Treffen sich ein Bischof, eine Ministerpräsidentin und ein Karnevalsprinz in einer Sektkellerei ... Was sich anhört wie der Anfang eines Witzes, ist gar keiner. Witzig ging es trotzdem anlässlich der Verleihung des Franz-Weißebach-Preises im Barocksaal der Sektkellerei Bernard-Massard zu. Zum 30. Mal vergab die Trierer Prinzenzunft die Auszeichnung an eine Person, die sich durch "heimatliche Verbundenheit, Sinn für Humor und soziales Engagement" auszeichnet.

In diesem Jahr heißt der Preisträger Wolfram Leibe. Der Trierer Oberbürgermeister reiht sich somit in die Garde der vorherigen Preisträger ein, unter denen sich auch Bischof Ackermann (2011) und die heutige Ministerpräsidentin von Rheinland-Pfalz, Malu Dreyer (2007), befinden. Auch sie waren in den restlos gefüllten Barocksaal gekommen, um dem festlich-fröhlichen Spektakel beizuwohnen. Für musikalische Unterhaltung und Erheiterung sorgten Angela Händel und Barbara Ullmann vom Theater Trier: Ein Lied aus der Feder von Georg Kreisler wurde kurzerhand abgeändert, damit es zum Geschlecht des Preisträgers passt: "Er ist ein herrlicher Mann" schwärmte Ullmann Wolfram Leibe gesanglich an und setzte später noch einen drauf mit Marlene Dietrichs "Kinder, heute Abend, da such' ich mir was aus - einen Mann, einen richtigen Mann".

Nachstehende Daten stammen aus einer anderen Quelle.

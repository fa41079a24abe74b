ghost use Rattle.std.specs.Prelude.{◌≡◌, ◌↔◌, List, true, IfOk, IsTrue};
ghost use Rattle.ch_clients.specs.Clients.{AreNone, has_room, handed_to, newcomer, no_clients, placed};
ghost use Rattle.ch_clients.specs.Leaving.{Left, LosesEach};
ghost use Rattle.ch_clients.specs.Serving.{ServesEach, Turned, setting_of};
ghost use Rattle.ch_config.specs.Config.{IsConfig};
ghost use Rattle.ch_desk.specs.Views.{IsDeskOf};
ghost use Rattle.ch_history.specs.Limits.{IsMoment, IsSocket};

use crate::answer::WorkerTurn;
use crate::client::Client;
use crate::connected::Connected;
use crate::leaving::Leaving;
use crate::limits::MOST_CLIENTS;
use crate::lists::Lists;
use crate::server::Server;
use ch_base::{Memory, Shared};
use ch_config::Config;
use ch_desk::Desk;
use ch_net::{Arrival, Link};
use std::alloc::Global;
use std::marker::Model;

/// The clients of a worker, with all the room that there will be: those that are connected, in ascending
/// order of their numbers, and those who leave. A moment is a number of milliseconds, at most `LATEST_MOMENT`.
#[derive(Drop)]
pub struct Clients<L: Link> {
    server: Server,
    lists: Lists<L>,
}

impl<L: Link> Model for Clients<L> {
    ghost use Rattle.ch_clients.specs.Clients.{ClientsView, AreSound};

    ghost Value = { ClientsView };

    ghost view = { λ c. record { config = c.server.config; start = c.server.start; connected = c.lists.connected; leaving = c.lists.leaving } };

    ghost invariant = { λ c. AreSound (record { config = c.server.config; start = c.server.start; connected = c.lists.connected; leaving = c.lists.leaving }) };
}

impl<L: Link> Clients<L> {
    /// Room for `MOST_CLIENTS` clients, of which none is there, on a server that started at the second `start`.
    pub fn new(alloc: Global, config: &Config, start: u64) -> Result<Clients<L>, Memory>
        requires { IsConfig config.now }
        ensures { IfOk result (λ c. c ≡ no_clients config.now start) }
    {
        Ok(Clients {
            server: Server::new(alloc, config, start)?,
            lists: Lists {
                connected: Connected::new(alloc)?,
                leaving: Leaving::new(alloc)?,
            },
        })
    }

    /// Whether none is connected and nobody leaves.
    pub fn is_empty(&self) -> bool
        ensures { IsTrue result ↔ AreNone self.now }
    {
        self.lists.connected.len() == 0 && self.lists.leaving.len() == 0
    }

    /// Whether there is room for one more client: fewer than `MOST_CLIENTS` are connected or leave.
    pub fn has_room(&self) -> bool
        ensures { result ≡ has_room self.now }
    {
        self.lists.connected.len() + self.lists.leaving.len() < MOST_CLIENTS
    }

    /// Hands a frame to the first client with its socket's number, which is found in logarithmic time. The
    /// frame is dropped where there is none, or where the client is no live socket. It takes no memory.
    pub fn hand(&mut self, frame: Shared)
        ensures { self.new ≡ record self.old { connected = handed_to self.old.connected frame } }
    {
        self.lists.connected.hand(frame);
    }

    /// Lets in the client of a connection that came in at the moment `now`, behind those whose numbers aren't
    /// above its own. There is room for it, and its number is at least 1 and at most 2^62. It takes no memory.
    pub fn let_in(&mut self, arrival: Arrival<L>, now: u64)
        requires room { has_room self.old ≡ true }
        requires number { IsSocket arrival.number }
        ensures { self.new
            ≡ record self.old { connected = placed (newcomer L.told now arrival) self.old.connected } }
    {
        let client = Client::new(self.server.alloc, arrival, now);
        self.lists.connected.place(client);
    }

    /// Makes the losses of each who leaves, in order, at the moment `now`. Those whose losses are all made are
    /// gone. It may wait where the desk does.
    pub fn lose<R, D: Desk<R>>(&mut self, rt: &R, desk: &mut D, now: u64) -> WorkerTurn
        requires desk { IsDeskOf self.old.config (D.view desk.old) }
        requires now { IsMoment now }
        ensures losses { (lefts : List Left)
            × LosesEach now lefts self.old.leaving self.new.leaving
            (D.view desk.old) (D.view desk.new) result }
        ensures same { self.new ≡ record self.old { leaving = self.new.leaving } }
        ensures shards { IsDeskOf self.new.config (D.view desk.new) }
    {
        self.lists.leaving.lose(rt, desk, &self.server, now)
    }

    /// Gives each client its turn at the moment `now`, ascending by number. After a handshake a client speaks
    /// WebSocket; one that ended leaves where its session owes losses, and is dropped otherwise. It may wait
    /// where the desk does.
    pub fn serve<R, D: Desk<R>>(&mut self, rt: &R, desk: &mut D, now: u64) -> WorkerTurn
        requires desk { IsDeskOf self.old.config (D.view desk.old) }
        requires now { IsMoment now }
        ensures turns { (turns : List Turned)
            × ServesEach (setting_of self.old now L.messages) turns self.old self.new
            (D.view desk.old) (D.view desk.new) result }
        ensures shards { IsDeskOf self.new.config (D.view desk.new) }
    {
        self.lists.connected.ascend();
        let mut part = WorkerTurn::Idle;
        let mut place = 0;
        while place < self.lists.connected.len() {
            let next = self.lists.serve(rt, desk, &self.server, place, now);
            part = part.and(next.part);
            place = next.place;
        }
        part
    }
}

Der Preisträger aus dem vergangenen Jahr, Pater Aloys Hülskamp vom Jugendwerk Don Bosco, hielt die Laudatio auf den 30. Preisträger. Hülskamp hatte in einem Rucksack sieben Dinge für den OB eingepackt, die er unter humorvollen Erklärungen nacheinander zum Vorschein brachte.

Darunter eine Brille, "um immer den richtigen Blick für die Menschen zu haben, die Hilfe brauchen", sowie ein Paar Arbeitshandschuhe, weil Leibe stets bereit sei, Dinge anzupacken. Der OB zeigte sich beeindruckt von der Lobrede, die "die Latte für das nächste Jahr hoch hängt", wie er lachend zugab. Prinzenzunft-Präsident Jürgen Schlich überreichte neben der Urkunde sowie der Ehrennadel 500 Euro. Letztere gab der Preisträger gleich wieder an Aloys Hülskamp weiter - als Spende für das Jugendwerk Don Bosco.

Der Namensgeber des Preises, Franz Weißebach, lebte von 1860 bis 1925 und hatte seinerzeit der Stadt Trier sein Erbe mit der Bedingung vermacht, davon den Bau eines Krematoriums zu finanzieren. Nur wenn der Stadtrat dies fünf Jahre hintereinander ablehne, dürfe das Geld für die Anlage eines Volksgartens verwendet werden. Der Plan des Schalks ging auf - fünf Jahre hintereinander musste der Stadtrat im katholischen Trier das Testament auf die Tagesordnung setzen, bis schließlich der Palastgarten angelegt werden konnte.